Poll: Students Aren’t Alone in Their Mental Health Stress

Students’ mental health issues continue to increase dramatically. (Courtesy of PJMixer)

Students’ mental health stability is declining here at Springfield Honors Academy. 

According to a survey run by Sara Runkle, the counselor, over 70 percent of scholars reported feelings described as depressed, stressed, or anxious.

Source: Student Poll

When students were asked in follow-up interviews by The Griffiner how their mental health is this year compared to last year, they said they are experiencing even more issues due to the tension of school being governed by Covid regulations amassed on top of their personal problems.

“I’ve lost motivation to do day-to-day things,” said a sophomore who asked not to be named. “I’ve also noticed my anxiety has gotten worse, and I get triggered a lot more easily than I used to.”

Runkle said she sees about 10 students on a daily basis.

During Runkle’s sessions, most students approach her about issues concerning friendships, relationships, family relations, and academics. Several students have mentioned that they have lost relationships with people they were close with. 

“I’ve even lost bonds I began growing with people at school,” said a sophomore.

I’ve even lost bonds I began growing with people at school.”

— Sophomore

Last year’s online learning was a challenging task for students, too. Students lacked motivation and focus during remote learning. 

“Well if I was on top of it all, then I felt fine and it didn’t affect me,” noted a sophomore, “but if I was ever struggling on something or tried asking for help and then never received it, then I’d start overthinking and it would lower my mental health.”

In recent weeks, Runkle had been using meditation as a way to benefit scholars here with coping skills. during morning announcements. Runkle has been trying to get students to meditate because it has been demonstrated to be one of the most productive ways to help deflect problematic thoughts, along with medication and therapy.

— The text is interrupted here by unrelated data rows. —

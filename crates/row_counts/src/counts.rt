//! The counts of a file's rows.

ghost use Rattle.std.specs.Prelude.{◌≡◌, ◌<◌, count_by, slice_index_or, []};
ghost use Rattle.file_tables.specs.Metadata.{row_count, rows_of};
ghost use Rattle.world_rows.specs.Tokens.{member_refs, is_field_ref, begins_field};
ghost use Rattle.row_counts.specs.Counts.{IsCount};

use cil_rows::{MemberRefRow, read_row};
use cil_tables::Tables;
use file_tables::numbers::{
    ASSEMBLY_REF, FIELD, MEMBER_REF, METHOD_DEF, TYPE_DEF, TYPE_REF, TYPE_SPEC,
};
use row_numbers::PerTable;

/// A signature that is a field's begins so (ECMA-335 II.23.2.4).
const FIELD_SIGNATURE: u8 = 6;

/// The signature is a field's.
pub fn begins_field(blob: &[u8]) -> bool
    ensures { result ≡ begins_field blob.now }
{
    match blob.first() {
        Some(first) => *first == FIELD_SIGNATURE,
        None => false,
    }
}

/// The row of MemberRef, from 0, is a reference to a field: its signature is one of a field (ECMA-335 II.22.25).
pub fn is_field_reference(tables: &Tables<'_>, n: u32) -> bool
    requires { n < row_count tables.now member_refs }
    ensures { result ≡ is_field_ref tables.now (slice_index_or (rows_of tables.now member_refs) n []) }
{
    let _few = tables.rows(MEMBER_REF);
    let row: MemberRefRow = read_row(tables, n + 1);
    begins_field(tables.blob(row.signature).unwrap_or(&[]))
}

/// How many rows of MemberRef are references to fields.
fn count_field_refs(tables: &Tables<'_>) -> u32
    ensures { result ≡ count_by (is_field_ref tables.now) (rows_of tables.now member_refs) }
{
    let mut count: u32 = 0;
    for n in 0..tables.rows(MEMBER_REF) {
        if is_field_reference(tables, n) {
            count += 1;
        }
    }
    count
}

/// How many rows each table of a file has, references to fields and to methods apart.
pub fn count_rows(tables: &Tables<'_>) -> PerTable
    ensures { IsCount tables.now result }
{
    let field_refs = count_field_refs(tables);
    PerTable {
        assembly_refs: tables.rows(ASSEMBLY_REF),
        type_refs: tables.rows(TYPE_REF),
        field_refs,
        method_refs: tables.rows(MEMBER_REF) - field_refs,
        types: tables.rows(TYPE_DEF),
        fields: tables.rows(FIELD),
        methods: tables.rows(METHOD_DEF),
        specs: tables.rows(TYPE_SPEC),
    }
}
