//! The counts of files are those of their assemblies.

ghost use Rattle.std.specs.Prelude.{List};
ghost use Rattle.file_tables.specs.File.{FilePart};
ghost use Rattle.world_rows.specs.World.{assemblies_of};
ghost use Rattle.row_numbers.specs.declared.table.PerTable.{PerTable};
ghost use Rattle.row_numbers.specs.Tables.{AreCounts};
ghost use Rattle.row_counts.specs.Counts.{AreCountsOf};

/// The counts of a world's files are those of its assemblies.
pub fn counts_of_a_world()
    ensures { (files : List FilePart) (counts : List PerTable) → AreCountsOf files counts → AreCounts (assemblies_of files) counts }
{}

Observations have been that students have not been meditating in the time given to them, which is generally short. 

“Oftentimes I find it challenging to focus on meditating within that one-minute time frame,” said a junior.

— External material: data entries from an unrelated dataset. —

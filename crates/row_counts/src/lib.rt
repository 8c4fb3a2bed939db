//! How many rows a file has of the tables of which some rows are kept.
#![tactic(auto)]

mod counts;
pub mod law;

pub use counts::{begins_field, count_rows, is_field_reference};
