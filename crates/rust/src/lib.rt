// The Rust as a second reading of document 01: transcriptions and theorems, which stand in specs/ and proofs/.
#![tactic(auto)]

Runkle has dropped the meditation program, for now; the feedback she received is that the full zoom isn’t a great venue for the meditation. Therefore, she is working on switching it to individual teachers running the meditation for their Griffin, but she hopes that the efforts of the counseling office will help students feel less stressed and more in control of their lives.

Runkle is planning on setting up a student counselor advisory group, but SHA students seem determined to take part in helping themselves and their peers open up.  

The school should provide a space for “a support group during or after school hours where people can join and reflect on their day-to-day struggles,” said a senior. “Make it feel more safe and welcoming; oftentimes we may not speak up because we’re not assured that we can trust [school officials] with our personal life.”

Runkle responded that she listens first to students before making suggestions and that the counseling office recognizes different students have different needs. 

“Some students feel safest when they can go about their day and not be reminded of their stressors,” said Runkle. “Other students need to know that they are not alone and someone has their backs. We are here to support all students.”